IU Rowing Coach Steve Peterson also expressed condolences.

"The Indiana Rowing family is deeply saddened by the news of Karlijn's sudden passing," he said. "She came to us for one year as a graduate student and truly wanted to pursue rowing. That year was the first year we really started to make a mark with the First Varsity 8 boat and she was a huge reason for it. Our condolences go out to her family and friends in this very tough time."

More from Indiana University:

Keijzer was a member of IU's Varsity 8 boat during the 2011 season, helping them to a 14-5 record. A talented rower in the Netherlands, she was recruited to row at IU even though she had only one year of eligibility. She earned Collegiate Rowing Coaches Association Scholar-Athlete honors as well as Academic All-Big Ten accolades following the 2011 season. A decorated junior rower, Keijzer participated in the European Rowing Junior Championships in 2006 and the World Rowing Junior Championships in 2007.
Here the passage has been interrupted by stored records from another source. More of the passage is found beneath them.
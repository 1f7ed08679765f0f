//! Going through a slice, and telling its observations.

ghost use Rattle.std.specs.Bool.{OnFalse};
ghost use Rattle.std.specs.Prelude.{◌≡◌, ◌+◌, ◌≤◌, ◌^◌, [], List, ℕ, None, Option, unwrap_or, length};
ghost use Rattle.std.specs.Prelude.{true, false, IfErr, IfOk, IsSome, IsTrue, OnOk, if◌then◌else◌};
ghost use Rattle.cx_alone.specs.Ahead.{MayBeInput};
ghost use Rattle.cx_io.specs.Cause.{HasCause};
ghost use Rattle.cx_codec.specs.Place.{Place, end_of};
ghost use Rattle.cx_codec.specs.Reads.{Begins, over, place_in};
ghost use Rattle.cx_map.specs.Bytes.{AreBytes};
ghost use Rattle.cx_observe.specs.declared.obs.Obs.{Obs};
ghost use Rattle.cx_replay.specs.Records.{GaveMore, MayBeWhole};
ghost use Rattle.cx_commands.specs.Doing.{Does, Judges, ended};
ghost use Rattle.cx_commands.specs.Streaming.{IsStreamRefusal, Told};
ghost use Rattle.cx_retelling.specs.Through.{HasTold, RetellsOn, retelling};

use crate::slice_replay::SliceReplay;
use cx_codec::Bytes;
use cx_commands::Status;
use cx_io::{Sink, Source};
use cx_observe::Obs;
use cx_tellers::ObservationTeller;
use std::alloc::Global;

// The most steps that a slice has.
const STEP_LIMIT: u64 = 1 << 48;

// Gives the next observation, and tells it; false where the slice was gone through to its end. Behind more steps than a
// slice has it ends as want of memory does.
fn retell_next<R: SliceReplay, L: ObservationTeller, S: Source, T: Sink>(
    replay: &mut R,
    teller: &mut L,
    source: &mut S,
    sink: &mut T,
) -> Result<bool, Status>
    requires going { R.going replay.old }
    requires ready { L.ready teller.old }
    requires takes { (o : Obs) → R.gives o → L.takes o }
    ensures follows { IsSome (S.left source.old) → GaveMore (S.left source.old) (S.given source.old) (S.left source.new)
        (S.given source.new) }
    ensures tells { IsSome (S.left source.old) → (input : List ℕ)
        → MayBeInput (S.left source.new) (S.given source.new) input → (p : Place) (base : Option (List ℕ))
        → HasTold (λ os. R.stands p os replay.old (S.left source.old) (S.given source.old) input)
        (λ os. Told base (L.text os) (L.waiting teller.old) (T.held sink.old) (L.keeps teller.old os))
        → RetellsOn L.text (R.through p) (end_of p)
        (λ os. R.stands p os replay.new (S.left source.new) (S.given source.new) input)
        (λ os. Told base (L.text os) (L.waiting teller.new) (T.held sink.new) (L.keeps teller.new os))
        (input ≡ S.given source.new) base (T.held sink.new) result }
    ensures last { IsSome (S.left source.old) → R.last replay.old (S.left source.old)
        → OnOk result (R.last replay.new (S.left source.new)) }
    ensures spent { IsSome (S.left source.old) → R.last replay.old (S.left source.old)
        → IfOk result (λ going. OnFalse going (unwrap_or (S.left source.new) [] ≡ [])) }
    ensures going { OnOk result (R.going replay.new) }
    ensures ready { OnOk result (L.ready teller.new) }
    ensures at { IfOk result (λ going. R.count replay.new
        ≡ (if going then R.count replay.old + 1 else R.count replay.old)) }
    ensures most { OnOk result (R.count replay.old ≤ 2 ^ 48) }
    ensures kind { IfErr result (IsStreamRefusal false) }
    ensures read_cause { HasCause Status.ReadFault (S.faults source.old) (S.faults source.new) result }
    ensures write_cause { HasCause Status.WriteFault (T.faults sink.old) (T.faults sink.new) result }
{
    if replay.steps() > STEP_LIMIT {
        return Err(Status::NoMemory);
    }
    match replay.give(source)? {
        Some(obs) => {
            teller.tell(&obs, sink)?;
            Ok(true)
        }
        None => Ok(false),
    }
}

// Goes through an opened slice to its end, and tells its observations.
fn retell_all<R: SliceReplay, L: ObservationTeller, S: Source, T: Sink>(
    alloc: Global,
    replay: R,
    source: &mut S,
    sink: &mut T,
) -> Result<(), Status>
    requires going { R.going replay }
    requires takes { (o : Obs) → R.gives o → L.takes o }
    ensures follows { IsSome (S.left source.old) → GaveMore (S.left source.old) (S.given source.old) (S.left source.new)
        (S.given source.new) }
    ensures does { IsSome (S.left source.old) → (input text : List ℕ) → Begins (S.given source.new) input
        → (p : Place) → end_of p ≡ length text
        → (MayBeWhole (S.left source.new) (S.given source.new) input
        → R.stands p [] replay (S.left source.old) (S.given source.old) input)
        → Does (retelling L.text L.full (R.through p)) text (MayBeWhole (S.left source.new) (S.given source.new) input)
        (input ≡ S.given source.new) (T.held sink.old) (T.held sink.new) result }
    ensures spent { IsSome (S.left source.old) → R.last replay (S.left source.old) → Judges true (ended result)
        → unwrap_or (S.left source.new) [] ≡ [] }
    ensures kind { IfErr result (IsStreamRefusal false) }
    ensures read_cause { HasCause Status.ReadFault (S.faults source.old) (S.faults source.new) result }
    ensures write_cause { HasCause Status.WriteFault (T.faults sink.old) (T.faults sink.new) result }
{
    let mut replay = replay;
    let mut teller = L::start(alloc, sink)?;
    let mut going = true;
    while going {
        going = retell_next(&mut replay, &mut teller, source, sink)?;
    }
    teller.finish(sink)?;
    Ok(())
}

/// Goes through a slice alone, behind its magic, and tells its observations as its steps are settled. What it does is
/// told by what the slice goes through: `Format` and `Broken` come exactly by its first bad place, `ReadFault` and
/// `WriteFault` only where the source's or the sink's count of faults rose, and `NoMemory` where memory is refused.
pub fn retell<R: SliceReplay, L: ObservationTeller, S: Source, T: Sink>(
    alloc: Global,
    bytes: Bytes,
    source: &mut S,
    sink: &mut T,
) -> Result<(), Status>
    requires live { IsTrue bytes.live }
    requires takes { (o : Obs) → R.gives o → L.takes o }
    ensures follows { IsSome (S.left source.old) → GaveMore (S.left source.old) (S.given source.old) (S.left source.new)
        (S.given source.new) }
    ensures does { IsSome (S.left source.old) → (input text : List ℕ) → Begins (S.given source.new) input
        → AreBytes (place_in (over bytes None (S.given source.old)) input).ahead
        → end_of (place_in (over bytes None (S.given source.old)) input) ≡ length text
        → Does (retelling L.text L.full (R.through (place_in (over bytes None (S.given source.old)) input))) text
        (MayBeWhole (S.left source.new) (S.given source.new) input) (input ≡ S.given source.new) (T.held sink.old)
        (T.held sink.new) result }
    ensures spent { IsSome (S.left source.old) → Judges true (ended result) → unwrap_or (S.left source.new) [] ≡ [] }
    ensures kind { IfErr result (IsStreamRefusal false) }
    ensures read_cause { HasCause Status.ReadFault (S.faults source.old) (S.faults source.new) result }
    ensures write_cause { HasCause Status.WriteFault (T.faults sink.old) (T.faults sink.new) result }
{
    let replay = R::open(alloc, bytes, source)?;
    retell_all::<R, L, S, T>(alloc, replay, source, sink)
}
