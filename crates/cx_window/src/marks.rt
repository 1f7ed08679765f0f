//! Marks of the pages that steps read.

ghost use Rattle.std.specs.Prelude.{◌≡◌, ℕ, ◌/◌, ◌*◌, ◌<◌, ◌≤◌, ◌==◌, ◌||◌, false, length, replicate, slice_index_or};
ghost use Rattle.std.specs.Prelude.{IfOk};
ghost use Rattle.cx_hart.specs.Reads.{entry_indices, ram_indices, read_indices, touch_indices};
ghost use Rattle.cx_window.specs.Marks.{AddsMarks};

use cx_hart::{StepRec, Touch};
use cx_io::NoMemory;
use cx_map::{PAGE_SIZE, RAM_START};
use std::alloc::Global;

/// A mark for each page, none of them set.
pub(crate) fn blank(alloc: Global, pages: u32) -> Result<Vec<bool>, NoMemory>
    ensures { IfOk result (λ v. v.items ≡ replicate pages false) }
{
    match vec![in alloc; false; pages as usize] {
        Ok(marks) => Ok(marks),
        Err(_) => Err(NoMemory),
    }
}

// Marks a page, where it has a mark.
fn mark_page(marks: &mut [bool], page: usize)
    ensures size { length marks.new ≡ length marks.old }
    ensures marked { (k : ℕ) → k < length marks.old
        → slice_index_or marks.new k false ≡ (slice_index_or marks.old k false || page == k) }
{
    if page < marks.len() {
        marks[page] = true;
    }
}

// Marks the pages of the bytes from a place on. Those of a device, below RAM, have none. They are so few that no page
// lies between that of the first and that of the last.
fn mark_bytes(marks: &mut [bool], place: u32, len: u8)
    ensures { AddsMarks marks.old marks.new (ram_indices place len) }
{
    if place < RAM_START || len == 0 {
        return;
    }
    let first = (place - RAM_START) as usize;
    let last = first + (len - 1) as usize;
    mark_page(marks, first / PAGE_SIZE);
    mark_page(marks, last / PAGE_SIZE);
}

// Marks the pages of the bytes that were read so.
fn mark_touch(marks: &mut [bool], touch: Option<Touch>)
    ensures { AddsMarks marks.old marks.new (touch_indices touch) }
{
    if let Some(touch) = touch {
        mark_bytes(marks, touch.pa, touch.len);
    }
}

// Marks the pages of the entries of page tables at these places.
fn mark_entries(marks: &mut [bool], places: &[u32])
    ensures { AddsMarks marks.old marks.new (entry_indices places.now) }
{
    for n in 0..places.len() {
        mark_bytes(marks, places[n], 4);
    }
}

/// Marks the pages of all bytes of RAM that a step read: of its word, of what its instruction read, and of entries of
/// page tables.
#[tactic(auto, unfolding(cx_hart::specs::Reads::read_indices))]
pub(crate) fn mark_reads(marks: &mut [bool], rec: &StepRec)
    requires { rec.now.walked ≤ 6 }
    ensures { AddsMarks marks.old marks.new (read_indices rec.now) }
{
    mark_touch(marks, rec.fetch);
    mark_touch(marks, rec.read);
    mark_touch(marks, rec.read_more);
    mark_entries(marks, &rec.places[..rec.walked as usize]);
}
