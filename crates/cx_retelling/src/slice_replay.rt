//! The replay of a slice, of whichever kind.

ghost use Rattle.std.specs.Prelude.{◌≡◌, ◌<◌, ◌^◌, ◌++◌, [], List, ℕ, None, Option, unwrap_or, IfOk, IfSome, IsSome};
ghost use Rattle.std.specs.Prelude.{IsTrue, OnOk};
ghost use Rattle.cx_alone.specs.Ahead.{MayBeInput};
ghost use Rattle.cx_alone.specs.Replaying.{CountsOn};
ghost use Rattle.cx_codec.specs.Place.{Place, end_of};
ghost use Rattle.cx_codec.specs.Reads.{over, place_in};
ghost use Rattle.cx_io.specs.Cause.{HasCause};
ghost use Rattle.cx_map.specs.Bytes.{AreBytes};
ghost use Rattle.cx_observe.specs.declared.obs.Obs.{Obs};
ghost use Rattle.cx_replay.specs.Records.{GaveMore};
ghost use Rattle.cx_retelling.specs.Through.{Gives, Opens, Through};

use cx_codec::Bytes;
use cx_io::Source;
use cx_observe::Obs;
use cx_replay::ReplayFault;
use std::alloc::Global;

/// What goes through a slice alone, and gives the observations of its steps. After a refusal it has ended.
pub trait SliceReplay: Drop {
    /// What an input goes through in which such a slice stands from a place on, behind its magic.
    ghost through: { Place → Through };

    /// That these observations were given, of an input in which a slice stands from a place on: the source gave the
    /// second list so far and has the first left, and the last is the input.
    ghost stands: { Place → List Obs → Self → Option (List ℕ) → List ℕ → List ℕ → Type 0 };

    /// Which observations it gives.
    ghost gives: { Obs → Type 0 };

    /// How many it gave.
    ghost count: { Self → ℕ };

    /// That it can go on.
    ghost going: { Self → Type 0 };

    /// That nothing is left of the source if the slice's end was read.
    ghost last: { Self → Option (List ℕ) → Type 0 };

    /// Opens a slice behind its magic. `Format` comes exactly where what stands before its steps is bad, at its first
    /// bad field. `ReadFault` comes only where the source's count of faults rose. `NoMemory` is free.
    fn open<S: Source>(alloc: Global, bytes: Bytes, source: &mut S) -> Result<Self, ReplayFault>
        requires { IsTrue bytes.live }
        ensures follows { IsSome (S.left source.old)
            → GaveMore (S.left source.old) (S.given source.old) (S.left source.new) (S.given source.new) }
        ensures opens { IsSome (S.left source.old) → (input : List ℕ)
            → MayBeInput (S.left source.new) (S.given source.new) input
            → AreBytes (place_in (over bytes None (S.given source.old)) input).ahead
            → Opens (through (place_in (over bytes None (S.given source.old)) input))
            (end_of (place_in (over bytes None (S.given source.old)) input))
            (λ r. stands (place_in (over bytes None (S.given source.old)) input) [] r (S.left source.new)
            (S.given source.new) input) (input ≡ S.given source.new) result }
        ensures last { IsSome (S.left source.old) → IfOk result (λ r. last r (S.left source.new)) }
        ensures going { IfOk result going }
        ensures count { IfOk result (λ r. count r ≡ 0) }
        ensures cause { HasCause ReplayFault.ReadFault (S.faults source.old) (S.faults source.new) result };

    /// How many observations it gave.
    fn steps(&self) -> u64
        ensures { result ≡ count self.now };

    /// Gives the observation of the next step; None exactly where the input is a slice that was gone through to its
    /// end. `Format` and `Broken` come exactly by the first bad place of the input, once all steps were given that are
    /// settled before it. `ReadFault` comes only where the source's count of faults rose, once all steps were given
    /// that are settled by what came. `NoMemory` is free.
    fn give<S: Source>(&mut self, source: &mut S) -> Result<Option<Obs>, ReplayFault>
        requires going { going self.old }
        requires most { count self.old < 2 ^ 63 }
        ensures follows { IsSome (S.left source.old)
            → GaveMore (S.left source.old) (S.given source.old) (S.left source.new) (S.given source.new) }
        ensures answers { IsSome (S.left source.old) → (input : List ℕ)
            → MayBeInput (S.left source.new) (S.given source.new) input → (p : Place) (os : List Obs)
            → stands p os self.old (S.left source.old) (S.given source.old) input
            → Gives (through p) (end_of p)
            (λ now. stands p now self.new (S.left source.new) (S.given source.new) input) os
            (input ≡ S.given source.new) result }
        ensures last { IsSome (S.left source.old) → last self.old (S.left source.old)
            → OnOk result (last self.new (S.left source.new)) }
        ensures spent { IsSome (S.left source.old) → last self.old (S.left source.old)
            → IfOk result (λ found. found ≡ None → unwrap_or (S.left source.new) [] ≡ []) }
        ensures going { OnOk result (going self.new) }
        ensures count { CountsOn (count self.old) (count self.new) result }
        ensures gives { IfOk result (λ found. IfSome found gives) }
        ensures cause { HasCause ReplayFault.ReadFault (S.faults source.old) (S.faults source.new) result };

    /// What it goes through begins with what it gave.
    ghost begins: { (p : Place) (os : List Obs) (r : Self) (left : Option (List ℕ)) (given input : List ℕ)
        → stands p os r left given input → (rest : List Obs) × ((through p).observations ≡ os ++ rest) };
}
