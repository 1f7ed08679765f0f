//! Cutting a window from the run of a recording.
//!
//! The run goes on step by step. Before the window's first step the machine is kept, and from there on the pages that
//! the steps read are marked. What is kept is a slice, which is written as a recording of its own, or run again.
#![tactic(auto)]

mod cutting;
mod laws;
mod marks;
mod slice;
mod slicer;
mod span;

pub use cutting::cut;
pub use laws::a_slice_runs_again;
pub use slice::Slice;
pub use span::Span;
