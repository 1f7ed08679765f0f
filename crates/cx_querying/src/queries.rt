//! The queries of an `inspect`.

ghost use Rattle.std.specs.List.{list_all};
ghost use Rattle.std.specs.Prelude.{◌≡◌, IfOk, length, map};
ghost use Rattle.std.specs.String.{string_bytes};
ghost use Rattle.cx_answer.specs.AnswerOf.{is_query_there};
ghost use Rattle.cx_words.specs.Queries.{queries_behind};

use cx_answer::is_query_there;
use cx_io::NoMemory;
use cx_seek::Seeker;
use cx_words::{Query, query};
use std::alloc::Global;

/// The queries of the words of an `inspect`, the first of which is the name of the command. `NoMemory` is free.
pub(crate) fn read_queries(
    alloc: Global,
    words: &[String],
    count: usize,
) -> Result<Vec<Query>, NoMemory>
    requires { count ≡ length (queries_behind (map string_bytes words.now)) }
    ensures { IfOk result (λ queries. queries.items ≡ queries_behind (map string_bytes words.now)) }
{
    let mut queries = Vec::new(alloc);
    for index in 0..count {
        if queries.push(query(words, index)).is_err() {
            return Err(NoMemory);
        }
    }
    Ok(queries)
}

/// Whether the steps and places of all queries are there.
pub(crate) fn all_there(seeker: &Seeker, queries: &[Query]) -> bool
    ensures { result ≡ list_all (is_query_there seeker.now.course.base seeker.now.course.end
        seeker.now.course.pages) queries.now }
{
    queries.iter().all(|query| is_query_there(seeker, query))
}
Her impact was impressive.

"Karlijn was the 'stroke' of the Varsity 8 boat for us," Peterson said. "That is the person who sets the rhythm for the boat and everyone follows her. She was unquestionably the leader of the best boat we had that year. It was the first boat that got us into the national rankings and had a great season. It also helped propel our program towards the success that we had this past season, and we all know that we can trace it back to that boat that was led by Karlijn.

"Academically, she was straight A student, so she was outstanding there. But her biggest strength was her personality on the team. Any picture she you see of her, she was always smiling or happy or joking around with someone. She was extremely supportive of her teammates and had a tremendous enthusiasm. She was exactly the type of student-athlete any coach would want on their team.

Peterson said that when he met with Keijzer after she finished her eligibility, all she wanted to talk about was the future of the rowing program.

"She knew that we were headed in the right direction, and she was genuinely excited about it. Then this past year, we saw that come to fruition and she contacted me and said 'I told you so.' So she was as excited as anyone else for us as a program and the success we had."